A rancher wants to fence in an area of 1500000 square feet in a rectangular field and then divide it in half with a fence down the middle parallel to one side. What is the shortest length of fence that the rancher can use?

Area to be fenced in, A = 1,500,000 sq.ft.

Width (shorter side) = x
Length (longer side) = A/x

Total length of fence, L
= 3x+2(A/x)

Differentiate with respect to x:
dL/dx = 3 - 2A/x²

To get minimum length,
dL/dx = 0
3 - 2A/x² = 0
x=sqrt(2A/3)=1000 ft.

Check that d²L/dx²>0 for L to be a minimum.

Calculate the length of fence required.

thank you so much for the clear explanation. i really understand how to do the problem now! i appreciate it!

You're welcome!

what is the answer of this question?

To find the shortest length of fence, we need to determine the dimensions of the rectangular field first. Let's assume the length of the field is L feet and the width is W feet.

The total area of the rectangular field is given as 1,500,000 square feet. Therefore, we can write the equation for the area as:

L * W = 1,500,000

We are also told that the field needs to be divided in half with a fence down the middle parallel to one side. This means that one part of the field will have a length of L/2 feet and the other part will also have a length of L/2 feet.

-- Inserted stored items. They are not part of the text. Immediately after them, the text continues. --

// Low and high of a record that a swap makes or changes, in 16 bits each.
ghost use Rattle.std.specs.Prelude.{◌≡◌, ◌<◌};
ghost use Rattle.swap_records.specs.Children.{children};

use diagrams::Reference;

#[derive(Clone, Copy, PartialEq, Eq)]
pub struct Children {
    pub low: u16,
    pub high: u16,
}

impl Children {
    pub fn new(low: Reference, high: Reference) -> Children
        requires { (low.0 < 65536) × (high.0 < 65536) }
        ensures { result ≡ children low.0 high.0 }
    {
        Children {
            low: low.0 as u16,
            high: high.0 as u16,
        }
    }

    pub fn low(self) -> Reference
        ensures { (result.0 ≡ self.low) × (result.0 < 65536) }
    {
        Reference(usize::from(self.low))
    }

    pub fn high(self) -> Reference
        ensures { (result.0 ≡ self.high) × (result.0 < 65536) }
    {
        Reference(usize::from(self.high))
    }
}
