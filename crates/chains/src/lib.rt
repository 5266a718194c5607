// A look-up by hash, in two lists: the newest entry of each bucket, and the one before each entry in its bucket. Entries are 0, 1, 2 and so on, as they are
// added; an entry stands in the lists as its number plus 1, so that 0 is none. Keys are not copied: who looks up walks a chain and compares entry by entry.
#![tactic(auto)]

ghost use Rattle.std.specs.Prelude.{◌≡◌, ◌+◌, ◌<◌, length, replicate, get_or};
ghost use Rattle.chains.specs.Chains.{Added, entry_in};
ghost use Rattle.chains.specs.Mixed.{buckets, mixed};

use diagrams::MOST_RECORDS;

// Two for each record, so that a chain has half an entry on average in a full table. Heads and links of all records take 49,154 bytes.
pub const BUCKETS: usize = 2 * MOST_RECORDS;

// No entry in any bucket.
pub fn no_heads() -> [u16; BUCKETS + 1]
    ensures { result ≡ replicate (buckets + 1) 0 }
{
    [0u16; BUCKETS + 1]
}

// The bucket of three numbers; of two, with 0 for the first.
#[tactic(auto, unfolding(crate::specs::Mixed::mixed))]
pub fn mix(v: usize, a: usize, b: usize) -> usize
    requires { ((v < 65536) × (a < 65536)) × (b < 65536) }
    ensures { (result ≡ mixed v a b) × (result < buckets) }
{
    (v * 2246822519 + a * 2654435761 + b * 3266489917) / 262144 % BUCKETS
}

// The two lists, lent: for as many entries as `link` has places. The last bucket, which `mix` never gives, is for entries that nobody looks up.
#[derive(Drop)]
pub struct Chains<'a> {
    pub head: &'a mut [u16],
    pub link: &'a mut [u16],
}

impl<'a> Chains<'a> {
    // The newest entry of bucket b.
    pub fn newest(&self, b: usize) -> Option<usize>
        requires { b < length self.now.head.now }
        ensures { result ≡ entry_in (get_or self.now.head.now b 0) }
    {
        usize::from(self.head[b]).checked_sub(1)
    }

    // The one before entry e in its bucket.
    pub fn before(&self, e: usize) -> Option<usize>
        requires { e < length self.now.link.now }
        ensures { result ≡ entry_in (get_or self.now.link.now e 0) }
    {
        usize::from(self.link[e]).checked_sub(1)
    }

    // Entry e to the front of bucket b.
    pub fn add(&mut self, b: usize, e: usize)
        requires { ((b < length self.old.head.now) × (e < length self.old.link.now)) × (e < 65535) }
        ensures memory { (self.new.head.ghost_name ≡ self.old.head.ghost_name) × (self.new.link.ghost_name ≡ self.old.link.ghost_name) }
        ensures added { Added self.old.head.now self.old.link.now b e self.new.head.now self.new.link.now }
    {
        self.link[e] = self.head[b];
        self.head[b] = (e + 1) as u16;
    }
}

Now, let's solve for the dimensions of the field. We can rewrite the equation for area in terms of L:

L * W = 1,500,000
L = 1,500,000 / W

Substituting L/2 for L in the equation, we get:

(L/2) * W = 1,500,000
L * W = 3,000,000

Comparing this equation with the original equation for the area, we can see that the area of the field when it is divided in half is twice the original area. Therefore, the dimensions of the field when divided in half are:

L = √(3,000,000)
W = 1,500,000 / √(3,000,000)

Now that we know the dimensions of the field, we can calculate the shortest length of fence needed. There are four sides of the rectangular field, and two sides need to be divided by the fence. So, the length of the fence required in this case will be:

Length of fence = 2L + W

Substituting the values of L and W, we get:

Length of fence = 2 * √(3,000,000) + (1,500,000 / √(3,000,000))

Calculating this equation will give us the shortest length of fence that the rancher can use.